What the task asks – Search the records for the string "Runs" and copy every line in which it appears.

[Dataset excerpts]
- - -

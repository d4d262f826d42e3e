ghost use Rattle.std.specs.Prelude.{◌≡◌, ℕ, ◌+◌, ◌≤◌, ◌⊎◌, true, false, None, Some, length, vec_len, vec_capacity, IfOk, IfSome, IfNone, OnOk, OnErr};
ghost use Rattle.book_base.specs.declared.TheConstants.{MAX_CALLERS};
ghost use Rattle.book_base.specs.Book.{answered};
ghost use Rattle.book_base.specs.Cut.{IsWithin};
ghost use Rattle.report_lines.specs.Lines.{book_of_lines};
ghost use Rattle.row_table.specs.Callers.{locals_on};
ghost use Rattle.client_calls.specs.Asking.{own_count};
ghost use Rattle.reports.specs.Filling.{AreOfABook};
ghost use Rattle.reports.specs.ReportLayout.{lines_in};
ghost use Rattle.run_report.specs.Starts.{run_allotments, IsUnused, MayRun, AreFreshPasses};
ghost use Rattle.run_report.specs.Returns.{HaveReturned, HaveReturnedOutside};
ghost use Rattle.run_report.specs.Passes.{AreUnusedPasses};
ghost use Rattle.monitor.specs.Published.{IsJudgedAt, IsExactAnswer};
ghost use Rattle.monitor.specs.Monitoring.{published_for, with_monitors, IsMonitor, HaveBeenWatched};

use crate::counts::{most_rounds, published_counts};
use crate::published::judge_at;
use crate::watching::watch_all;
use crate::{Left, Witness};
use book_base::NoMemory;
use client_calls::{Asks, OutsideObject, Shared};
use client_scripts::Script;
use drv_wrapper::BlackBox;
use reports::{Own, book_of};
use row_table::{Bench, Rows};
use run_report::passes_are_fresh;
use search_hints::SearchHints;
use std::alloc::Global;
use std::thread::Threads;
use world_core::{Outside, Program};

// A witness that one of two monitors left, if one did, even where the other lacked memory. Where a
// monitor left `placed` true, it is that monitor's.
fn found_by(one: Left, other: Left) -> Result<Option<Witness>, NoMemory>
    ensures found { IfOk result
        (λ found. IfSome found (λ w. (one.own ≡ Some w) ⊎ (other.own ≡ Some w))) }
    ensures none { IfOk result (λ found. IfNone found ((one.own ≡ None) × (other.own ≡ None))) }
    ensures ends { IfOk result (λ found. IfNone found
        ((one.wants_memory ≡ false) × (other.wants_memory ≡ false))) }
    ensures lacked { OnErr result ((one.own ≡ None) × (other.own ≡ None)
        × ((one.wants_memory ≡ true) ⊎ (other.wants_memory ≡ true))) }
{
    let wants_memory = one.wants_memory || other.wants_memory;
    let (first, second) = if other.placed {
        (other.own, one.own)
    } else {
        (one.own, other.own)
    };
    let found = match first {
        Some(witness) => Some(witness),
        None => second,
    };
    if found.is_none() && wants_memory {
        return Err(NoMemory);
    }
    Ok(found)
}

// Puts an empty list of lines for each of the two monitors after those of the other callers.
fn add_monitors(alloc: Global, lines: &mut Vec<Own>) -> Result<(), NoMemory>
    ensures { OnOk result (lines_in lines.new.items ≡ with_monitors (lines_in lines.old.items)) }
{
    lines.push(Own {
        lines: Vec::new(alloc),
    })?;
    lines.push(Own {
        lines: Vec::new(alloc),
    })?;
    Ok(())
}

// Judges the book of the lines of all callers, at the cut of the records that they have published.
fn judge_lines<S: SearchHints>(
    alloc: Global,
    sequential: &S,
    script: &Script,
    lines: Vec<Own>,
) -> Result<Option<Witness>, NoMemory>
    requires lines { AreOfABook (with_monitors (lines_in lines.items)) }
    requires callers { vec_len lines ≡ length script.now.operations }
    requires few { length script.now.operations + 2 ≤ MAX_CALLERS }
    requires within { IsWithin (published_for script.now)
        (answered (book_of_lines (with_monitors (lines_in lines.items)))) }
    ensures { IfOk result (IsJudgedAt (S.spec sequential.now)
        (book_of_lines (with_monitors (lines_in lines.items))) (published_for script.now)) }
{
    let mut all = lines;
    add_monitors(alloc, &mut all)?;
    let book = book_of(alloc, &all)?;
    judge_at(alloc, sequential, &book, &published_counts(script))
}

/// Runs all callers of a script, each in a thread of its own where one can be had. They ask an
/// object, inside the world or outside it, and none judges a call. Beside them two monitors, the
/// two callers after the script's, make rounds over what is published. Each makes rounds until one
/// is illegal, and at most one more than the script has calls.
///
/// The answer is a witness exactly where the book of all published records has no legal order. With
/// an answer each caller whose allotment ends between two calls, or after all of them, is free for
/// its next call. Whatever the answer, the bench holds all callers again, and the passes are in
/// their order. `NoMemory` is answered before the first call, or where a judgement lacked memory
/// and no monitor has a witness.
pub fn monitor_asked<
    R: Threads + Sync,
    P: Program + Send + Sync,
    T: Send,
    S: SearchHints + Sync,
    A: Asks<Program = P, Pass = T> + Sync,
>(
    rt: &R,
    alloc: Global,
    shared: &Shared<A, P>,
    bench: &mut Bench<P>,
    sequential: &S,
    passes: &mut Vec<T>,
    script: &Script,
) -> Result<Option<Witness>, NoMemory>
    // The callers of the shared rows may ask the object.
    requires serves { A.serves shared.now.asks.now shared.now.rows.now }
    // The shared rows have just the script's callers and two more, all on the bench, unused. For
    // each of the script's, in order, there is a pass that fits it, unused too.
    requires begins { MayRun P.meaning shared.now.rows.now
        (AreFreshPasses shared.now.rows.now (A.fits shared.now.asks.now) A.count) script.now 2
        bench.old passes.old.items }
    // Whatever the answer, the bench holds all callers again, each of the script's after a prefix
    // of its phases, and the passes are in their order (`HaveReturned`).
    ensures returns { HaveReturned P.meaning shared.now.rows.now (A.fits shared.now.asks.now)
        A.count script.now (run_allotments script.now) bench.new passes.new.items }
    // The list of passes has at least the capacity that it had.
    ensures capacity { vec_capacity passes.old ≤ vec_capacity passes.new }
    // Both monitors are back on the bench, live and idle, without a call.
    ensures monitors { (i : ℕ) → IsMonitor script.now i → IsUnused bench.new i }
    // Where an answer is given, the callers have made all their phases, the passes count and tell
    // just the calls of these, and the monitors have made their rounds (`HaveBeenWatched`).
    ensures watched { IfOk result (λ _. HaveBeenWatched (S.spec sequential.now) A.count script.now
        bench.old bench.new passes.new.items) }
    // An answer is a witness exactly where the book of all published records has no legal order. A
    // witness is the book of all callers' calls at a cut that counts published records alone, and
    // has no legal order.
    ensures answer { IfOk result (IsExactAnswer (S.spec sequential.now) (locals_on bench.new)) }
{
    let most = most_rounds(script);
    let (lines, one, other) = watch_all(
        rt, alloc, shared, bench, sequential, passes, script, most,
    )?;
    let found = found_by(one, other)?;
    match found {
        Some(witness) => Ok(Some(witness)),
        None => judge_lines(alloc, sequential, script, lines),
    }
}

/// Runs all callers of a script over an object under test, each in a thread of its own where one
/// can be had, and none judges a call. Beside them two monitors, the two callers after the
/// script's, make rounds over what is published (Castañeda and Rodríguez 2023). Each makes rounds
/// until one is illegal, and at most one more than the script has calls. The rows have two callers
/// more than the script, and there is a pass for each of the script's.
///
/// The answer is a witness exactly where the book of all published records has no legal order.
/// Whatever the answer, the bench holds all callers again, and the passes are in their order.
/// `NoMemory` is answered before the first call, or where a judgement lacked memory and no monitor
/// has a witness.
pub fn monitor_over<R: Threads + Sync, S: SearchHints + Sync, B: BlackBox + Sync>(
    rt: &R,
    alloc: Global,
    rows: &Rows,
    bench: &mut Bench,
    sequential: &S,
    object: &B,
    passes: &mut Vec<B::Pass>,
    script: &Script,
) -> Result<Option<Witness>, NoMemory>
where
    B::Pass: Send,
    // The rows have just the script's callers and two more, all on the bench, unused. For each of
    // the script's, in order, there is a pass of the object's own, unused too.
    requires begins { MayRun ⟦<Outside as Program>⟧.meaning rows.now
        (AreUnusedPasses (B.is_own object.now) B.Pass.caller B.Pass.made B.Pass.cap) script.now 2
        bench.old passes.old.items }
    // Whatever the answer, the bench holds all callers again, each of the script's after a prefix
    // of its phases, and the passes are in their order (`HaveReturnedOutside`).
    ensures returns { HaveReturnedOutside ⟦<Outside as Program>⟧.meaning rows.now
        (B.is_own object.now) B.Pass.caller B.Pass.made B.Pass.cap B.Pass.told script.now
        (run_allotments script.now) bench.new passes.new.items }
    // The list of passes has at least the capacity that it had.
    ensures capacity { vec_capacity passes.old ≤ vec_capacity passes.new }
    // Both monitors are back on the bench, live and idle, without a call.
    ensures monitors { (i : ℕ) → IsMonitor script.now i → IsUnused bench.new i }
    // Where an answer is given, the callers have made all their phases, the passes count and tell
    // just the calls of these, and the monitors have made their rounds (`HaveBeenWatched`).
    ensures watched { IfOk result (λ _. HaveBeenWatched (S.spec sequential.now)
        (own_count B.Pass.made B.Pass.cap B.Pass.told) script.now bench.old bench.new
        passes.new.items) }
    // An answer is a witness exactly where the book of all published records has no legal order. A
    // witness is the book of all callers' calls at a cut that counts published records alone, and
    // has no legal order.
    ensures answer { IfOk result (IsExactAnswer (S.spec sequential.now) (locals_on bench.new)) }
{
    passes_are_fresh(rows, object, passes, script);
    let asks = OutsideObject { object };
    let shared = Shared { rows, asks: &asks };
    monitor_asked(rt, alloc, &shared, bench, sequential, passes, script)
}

- - -

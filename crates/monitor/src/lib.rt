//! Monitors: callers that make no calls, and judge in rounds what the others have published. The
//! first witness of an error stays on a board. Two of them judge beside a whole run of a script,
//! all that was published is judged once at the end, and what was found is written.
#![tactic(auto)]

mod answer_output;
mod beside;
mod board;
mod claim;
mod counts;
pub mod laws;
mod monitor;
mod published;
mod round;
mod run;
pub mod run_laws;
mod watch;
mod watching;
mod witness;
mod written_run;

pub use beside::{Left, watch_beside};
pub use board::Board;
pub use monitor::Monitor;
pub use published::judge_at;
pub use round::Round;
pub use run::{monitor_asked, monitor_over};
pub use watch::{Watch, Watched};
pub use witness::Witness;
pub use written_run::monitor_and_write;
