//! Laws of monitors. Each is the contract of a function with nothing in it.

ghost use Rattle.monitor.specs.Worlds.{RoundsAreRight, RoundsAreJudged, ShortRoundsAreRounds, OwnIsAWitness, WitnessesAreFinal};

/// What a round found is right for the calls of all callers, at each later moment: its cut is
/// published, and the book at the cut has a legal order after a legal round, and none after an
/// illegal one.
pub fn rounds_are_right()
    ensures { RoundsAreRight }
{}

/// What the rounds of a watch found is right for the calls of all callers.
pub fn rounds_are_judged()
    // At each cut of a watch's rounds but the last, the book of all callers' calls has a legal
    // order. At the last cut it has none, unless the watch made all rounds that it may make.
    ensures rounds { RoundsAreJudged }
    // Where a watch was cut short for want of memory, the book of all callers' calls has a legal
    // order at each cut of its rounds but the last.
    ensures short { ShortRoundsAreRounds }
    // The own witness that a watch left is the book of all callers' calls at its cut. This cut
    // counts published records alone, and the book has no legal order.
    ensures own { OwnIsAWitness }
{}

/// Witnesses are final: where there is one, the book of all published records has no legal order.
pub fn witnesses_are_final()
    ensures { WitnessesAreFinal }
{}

- - -

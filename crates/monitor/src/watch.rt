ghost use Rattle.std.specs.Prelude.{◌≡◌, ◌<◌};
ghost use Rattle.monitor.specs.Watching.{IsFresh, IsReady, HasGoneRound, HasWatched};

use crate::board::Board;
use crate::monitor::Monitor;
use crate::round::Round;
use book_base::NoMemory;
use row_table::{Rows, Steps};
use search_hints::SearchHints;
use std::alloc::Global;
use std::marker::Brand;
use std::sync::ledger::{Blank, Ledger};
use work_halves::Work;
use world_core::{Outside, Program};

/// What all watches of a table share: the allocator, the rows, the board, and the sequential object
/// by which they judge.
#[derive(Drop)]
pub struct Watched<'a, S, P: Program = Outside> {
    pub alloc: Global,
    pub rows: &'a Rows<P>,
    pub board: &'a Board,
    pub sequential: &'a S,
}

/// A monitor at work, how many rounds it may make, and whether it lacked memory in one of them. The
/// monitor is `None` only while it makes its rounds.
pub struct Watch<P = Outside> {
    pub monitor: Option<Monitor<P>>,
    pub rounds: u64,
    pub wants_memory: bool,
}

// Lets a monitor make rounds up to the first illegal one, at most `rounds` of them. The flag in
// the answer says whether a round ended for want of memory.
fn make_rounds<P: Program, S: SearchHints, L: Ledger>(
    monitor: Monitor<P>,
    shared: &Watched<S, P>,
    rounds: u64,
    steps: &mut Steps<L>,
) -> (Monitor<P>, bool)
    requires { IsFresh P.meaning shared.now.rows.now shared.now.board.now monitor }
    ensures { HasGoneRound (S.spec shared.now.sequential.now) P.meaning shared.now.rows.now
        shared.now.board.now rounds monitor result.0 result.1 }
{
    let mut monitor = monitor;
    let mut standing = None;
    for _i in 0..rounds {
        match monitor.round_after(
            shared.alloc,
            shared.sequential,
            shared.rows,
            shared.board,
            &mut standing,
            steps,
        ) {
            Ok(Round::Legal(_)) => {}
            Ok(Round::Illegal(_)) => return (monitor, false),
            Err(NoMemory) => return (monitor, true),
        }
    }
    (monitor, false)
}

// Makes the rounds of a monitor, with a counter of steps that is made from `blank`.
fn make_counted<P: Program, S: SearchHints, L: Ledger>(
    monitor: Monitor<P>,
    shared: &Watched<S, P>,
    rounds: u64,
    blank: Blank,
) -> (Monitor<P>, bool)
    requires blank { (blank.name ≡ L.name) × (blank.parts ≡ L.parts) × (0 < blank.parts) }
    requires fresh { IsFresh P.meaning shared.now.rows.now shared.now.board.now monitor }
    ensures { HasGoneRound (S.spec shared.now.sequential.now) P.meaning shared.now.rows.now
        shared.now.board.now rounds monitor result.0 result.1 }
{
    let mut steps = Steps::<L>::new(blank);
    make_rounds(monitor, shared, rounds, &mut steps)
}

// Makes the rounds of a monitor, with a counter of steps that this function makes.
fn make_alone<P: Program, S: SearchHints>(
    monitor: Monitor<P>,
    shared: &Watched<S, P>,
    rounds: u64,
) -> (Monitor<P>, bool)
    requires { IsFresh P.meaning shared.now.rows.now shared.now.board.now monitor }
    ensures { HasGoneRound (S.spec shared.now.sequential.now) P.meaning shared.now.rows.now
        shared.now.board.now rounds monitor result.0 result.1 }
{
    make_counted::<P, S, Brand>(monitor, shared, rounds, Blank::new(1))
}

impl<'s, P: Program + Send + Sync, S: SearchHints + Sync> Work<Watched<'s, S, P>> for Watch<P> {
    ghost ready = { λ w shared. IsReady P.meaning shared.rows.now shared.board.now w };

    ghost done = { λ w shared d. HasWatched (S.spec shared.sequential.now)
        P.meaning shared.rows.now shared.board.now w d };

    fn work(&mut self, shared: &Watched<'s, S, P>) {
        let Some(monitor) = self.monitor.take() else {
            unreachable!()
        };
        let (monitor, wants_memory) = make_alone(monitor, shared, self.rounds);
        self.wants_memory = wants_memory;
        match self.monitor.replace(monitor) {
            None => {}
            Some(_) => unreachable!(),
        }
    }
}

- - -

Task result –
/// Runs all callers of a script, each in a thread of its own where one can be had. They ask an
/// Runs all callers of a script over an object under test, each in a thread of its own where one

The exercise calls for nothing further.